## What you need to do
Transcribe every record that appears below, exactly and in full.

*** Opening of Recorded information ***

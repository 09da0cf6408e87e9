//! Operations of a site's own, where what is known of their session then is made already.
ghost use Rattle.std.specs.Prelude.{◌≡◌, ◌<◌, true, Some, None, length, OnOk, OnErr, IfSome};
ghost use Rattle.pcrf_values.specs.Facts.{Fact};
ghost use Rattle.pcrf_values.specs.Held.{kept_list, join_of};
ghost use Rattle.pcrf_values.specs.Sets.{In};
ghost use Rattle.pcrf_model.specs.Holdings.{facts_on, kept_of};
ghost use Rattle.pcrf_model.specs.Operations.{with_operation};
ghost use Rattle.pcrf_model.specs.Sessions.{gx, af};
ghost use Rattle.indexed_state.specs.Alike.{BringsNothing};
ghost use Rattle.indexed_state.specs.Indexed.{IsTold, tells};
ghost use Rattle.indexed_state.specs.Opened.{OpensAlone};

use crate::site::Site;
use af_records::AfRec;
use gx_records::GxRec;
use pcrf_values::{AfSid, GxSid, Rule};
use site_join::Operation;
use std::alloc::AllocError;

impl Site {
    ghost use Rattle.site_machine.specs.Sites.{with_made};

    /// Adds an operation of the site's own on a gateway's session, of which this record is known then, or changes nothing.
    pub(crate) fn add_to_gateway(
        &mut self,
        operation: Operation,
        id: &GxSid,
        known: GxRec,
    ) -> Result<(), AllocError>
        requires later { length self.old.state.log < operation.counter }
        requires session { operation.session ≡ gx id.now }
        requires joins { known ≡ join_of
            (facts_on self.old.state.holding.facts (gx id.now)) (kept_list operation.facts) }
        ensures ok { OnOk result (self.new ≡ with_made self.old (Some operation)) }
        ensures err { OnErr result (self.new ≡ self.old) }
    {
        self.log.try_reserve(1)?;
        self.held.take_gateway(&operation, id, known)?;
        self.log.push(operation).unwrap();
        Ok(())
    }

    /// Adds an operation of the site's own on an application function's session, as `add_to_gateway` does on a gateway's.
    pub(crate) fn add_to_call(
        &mut self,
        operation: Operation,
        id: &AfSid,
        known: AfRec,
    ) -> Result<(), AllocError>
        requires later { length self.old.state.log < operation.counter }
        requires session { operation.session ≡ af id.now }
        requires joins { known ≡ join_of
            (facts_on self.old.state.holding.facts (af id.now)) (kept_list operation.facts) }
        ensures ok { OnOk result (self.new ≡ with_made self.old (Some operation)) }
        ensures err { OnErr result (self.new ≡ self.old) }
    {
        self.log.try_reserve(1)?;
        self.held.take_call(&operation, id, known)?;
        self.log.push(operation).unwrap();
        Ok(())
    }

    /// Adds the operation of a request whose fields are held and of what its gateway is told, with which this record is known of
    /// the session: `None` where it is told nothing. Or changes nothing.
    pub(crate) fn add_told(
        &mut self,
        operation: Operation,
        id: &GxSid,
        known: Option<GxRec>,
    ) -> Result<(), AllocError>
        requires later { length self.old.state.log < operation.counter }
        requires session { operation.session ≡ gx id.now }
        requires nothing { (known ≡ None) → kept_of (with_operation
            self.old.state.holding operation) ≡ self.old.state.holding }
        requires joins { IfSome known (λ k. k ≡ join_of
            (facts_on self.old.state.holding.facts (gx id.now)) (kept_list operation.facts)) }
        requires told { IfSome known (λ k. IsTold self.old.state.holding (gx id.now) k) }
        ensures ok { OnOk result (self.new ≡ with_made self.old (Some operation)) }
        ensures err { OnErr result (self.new ≡ self.old) }
    {
        self.log.try_reserve(1)?;
        if let Some(known) = known {
            self.held.take_told(&operation, id, known)?;
        }
        self.log.push(operation).unwrap();
        Ok(())
    }

    /// Adds an operation of the site's own on a gateway's session that says nothing but what the gateway is told: its facts are
    /// joined in place. Or changes nothing.
    pub(crate) fn add_pushed(&mut self, operation: Operation, id: &GxSid) -> Result<(), AllocError>
        requires later { length self.old.state.log < operation.counter }
        requires session { operation.session ≡ gx id.now }
        requires told { (f : Fact) → In f operation.facts → tells f ≡ true }
        ensures ok { OnOk result (self.new ≡ with_made self.old (Some operation)) }
        ensures err { OnErr result (self.new ≡ self.old) }
    {
        self.log.try_reserve(1)?;
        self.held.take_pushed(&operation, id)?;
        self.log.push(operation).unwrap();
        Ok(())
    }

    /// Adds an operation of the site's own on a gateway's session, where the record that is known of it then brings nothing new:
    /// its facts are joined in place. Or changes nothing.
    pub(crate) fn add_refreshed(
        &mut self,
        operation: Operation,
        id: &GxSid,
    ) -> Result<(), AllocError>
        requires later { length self.old.state.log < operation.counter }
        requires session { operation.session ≡ gx id.now }
        requires nothing { BringsNothing self.old.tables self.old.state.holding (gx id.now) (join_of
            (facts_on self.old.state.holding.facts (gx id.now)) (kept_list operation.facts)) }
        ensures ok { OnOk result (self.new ≡ with_made self.old (Some operation)) }
        ensures err { OnErr result (self.new ≡ self.old) }
    {
        self.log.try_reserve(1)?;
        self.held.take_refreshed(&operation, id)?;
        self.log.push(operation).unwrap();
        Ok(())
    }

    /// Adds an operation of the site's own on a gateway's session as `add_to_gateway` does, where nothing was known of the session,
    /// no call can be bound to it by the record that is known of it then, and its rules are these, which are kept.
    pub(crate) fn add_opened(
        &mut self,
        operation: Operation,
        id: &GxSid,
        known: GxRec,
        rules: Vec<Rule>,
    ) -> Result<(), AllocError>
        requires later { length self.old.state.log < operation.counter }
        requires session { operation.session ≡ gx id.now }
        requires joins { known ≡ join_of
            (facts_on self.old.state.holding.facts (gx id.now)) (kept_list operation.facts) }
        requires alone { OpensAlone
            self.old.tables self.old.state.holding id.now known rules.items }
        ensures ok { OnOk result (self.new ≡ with_made self.old (Some operation)) }
        ensures err { OnErr result (self.new ≡ self.old) }
    {
        self.log.try_reserve(1)?;
        self.held.take_opened(&operation, id, known, rules)?;
        self.log.push(operation).unwrap();
        Ok(())
    }
}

*** Close of Recorded information ***

## Answer
repository 09da0cf6408e87e9
//! Operations of a site's own, where what is known of their session then is made already.
ghost use Rattle.std.specs.Prelude.{◌≡◌, ◌<◌, true, Some, None, length, OnOk, OnErr, IfSome};
ghost use Rattle.pcrf_values.specs.Facts.{Fact};
ghost use Rattle.pcrf_values.specs.Held.{kept_list, join_of};
ghost use Rattle.pcrf_values.specs.Sets.{In};
ghost use Rattle.pcrf_model.specs.Holdings.{facts_on, kept_of};
ghost use Rattle.pcrf_model.specs.Operations.{with_operation};
ghost use Rattle.pcrf_model.specs.Sessions.{gx, af};
ghost use Rattle.indexed_state.specs.Alike.{BringsNothing};
ghost use Rattle.indexed_state.specs.Indexed.{IsTold, tells};
ghost use Rattle.indexed_state.specs.Opened.{OpensAlone};

use crate::site::Site;
use af_records::AfRec;
use gx_records::GxRec;
use pcrf_values::{AfSid, GxSid, Rule};
use site_join::Operation;
use std::alloc::AllocError;

impl Site {
    ghost use Rattle.site_machine.specs.Sites.{with_made};

    /// Adds an operation of the site's own on a gateway's session, of which this record is known then, or changes nothing.
    pub(crate) fn add_to_gateway(
        &mut self,
        operation: Operation,
        id: &GxSid,
        known: GxRec,
    ) -> Result<(), AllocError>
        requires later { length self.old.state.log < operation.counter }
        requires session { operation.session ≡ gx id.now }
        requires joins { known ≡ join_of
            (facts_on self.old.state.holding.facts (gx id.now)) (kept_list operation.facts) }
        ensures ok { OnOk result (self.new ≡ with_made self.old (Some operation)) }
        ensures err { OnErr result (self.new ≡ self.old) }
    {
        self.log.try_reserve(1)?;
        self.held.take_gateway(&operation, id, known)?;
        self.log.push(operation).unwrap();
        Ok(())
    }

    /// Adds an operation of the site's own on an application function's session, as `add_to_gateway` does on a gateway's.
    pub(crate) fn add_to_call(
        &mut self,
        operation: Operation,
        id: &AfSid,
        known: AfRec,
    ) -> Result<(), AllocError>
        requires later { length self.old.state.log < operation.counter }
        requires session { operation.session ≡ af id.now }
        requires joins { known ≡ join_of
            (facts_on self.old.state.holding.facts (af id.now)) (kept_list operation.facts) }
        ensures ok { OnOk result (self.new ≡ with_made self.old (Some operation)) }
        ensures err { OnErr result (self.new ≡ self.old) }
    {
        self.log.try_reserve(1)?;
        self.held.take_call(&operation, id, known)?;
        self.log.push(operation).unwrap();
        Ok(())
    }

    /// Adds the operation of a request whose fields are held and of what its gateway is told, with which this record is known of
    /// the session: `None` where it is told nothing. Or changes nothing.
    pub(crate) fn add_told(
        &mut self,
        operation: Operation,
        id: &GxSid,
        known: Option<GxRec>,
    ) -> Result<(), AllocError>
        requires later { length self.old.state.log < operation.counter }
        requires session { operation.session ≡ gx id.now }
        requires nothing { (known ≡ None) → kept_of (with_operation
            self.old.state.holding operation) ≡ self.old.state.holding }
        requires joins { IfSome known (λ k. k ≡ join_of
            (facts_on self.old.state.holding.facts (gx id.now)) (kept_list operation.facts)) }
        requires told { IfSome known (λ k. IsTold self.old.state.holding (gx id.now) k) }
        ensures ok { OnOk result (self.new ≡ with_made self.old (Some operation)) }
        ensures err { OnErr result (self.new ≡ self.old) }
    {
        self.log.try_reserve(1)?;
        if let Some(known) = known {
            self.held.take_told(&operation, id, known)?;
        }
        self.log.push(operation).unwrap();
        Ok(())
    }

    /// Adds an operation of the site's own on a gateway's session that says nothing but what the gateway is told: its facts are
    /// joined in place. Or changes nothing.
    pub(crate) fn add_pushed(&mut self, operation: Operation, id: &GxSid) -> Result<(), AllocError>
        requires later { length self.old.state.log < operation.counter }
        requires session { operation.session ≡ gx id.now }
        requires told { (f : Fact) → In f operation.facts → tells f ≡ true }
        ensures ok { OnOk result (self.new ≡ with_made self.old (Some operation)) }
        ensures err { OnErr result (self.new ≡ self.old) }
    {
        self.log.try_reserve(1)?;
        self.held.take_pushed(&operation, id)?;
        self.log.push(operation).unwrap();
        Ok(())
    }

    /// Adds an operation of the site's own on a gateway's session, where the record that is known of it then brings nothing new:
    /// its facts are joined in place. Or changes nothing.
    pub(crate) fn add_refreshed(
        &mut self,
        operation: Operation,
        id: &GxSid,
    ) -> Result<(), AllocError>
        requires later { length self.old.state.log < operation.counter }
        requires session { operation.session ≡ gx id.now }
        requires nothing { BringsNothing self.old.tables self.old.state.holding (gx id.now) (join_of
            (facts_on self.old.state.holding.facts (gx id.now)) (kept_list operation.facts)) }
        ensures ok { OnOk result (self.new ≡ with_made self.old (Some operation)) }
        ensures err { OnErr result (self.new ≡ self.old) }
    {
        self.log.try_reserve(1)?;
        self.held.take_refreshed(&operation, id)?;
        self.log.push(operation).unwrap();
        Ok(())
    }

    /// Adds an operation of the site's own on a gateway's session as `add_to_gateway` does, where nothing was known of the session,
    /// no call can be bound to it by the record that is known of it then, and its rules are these, which are kept.
    pub(crate) fn add_opened(
        &mut self,
        operation: Operation,
        id: &GxSid,
        known: GxRec,
        rules: Vec<Rule>,
    ) -> Result<(), AllocError>
        requires later { length self.old.state.log < operation.counter }
        requires session { operation.session ≡ gx id.now }
        requires joins { known ≡ join_of
            (facts_on self.old.state.holding.facts (gx id.now)) (kept_list operation.facts) }
        requires alone { OpensAlone
            self.old.tables self.old.state.holding id.now known rules.items }
        ensures ok { OnOk result (self.new ≡ with_made self.old (Some operation)) }
        ensures err { OnErr result (self.new ≡ self.old) }
    {
        self.log.try_reserve(1)?;
        self.held.take_opened(&operation, id, known, rules)?;
        self.log.push(operation).unwrap();
        Ok(())
    }
}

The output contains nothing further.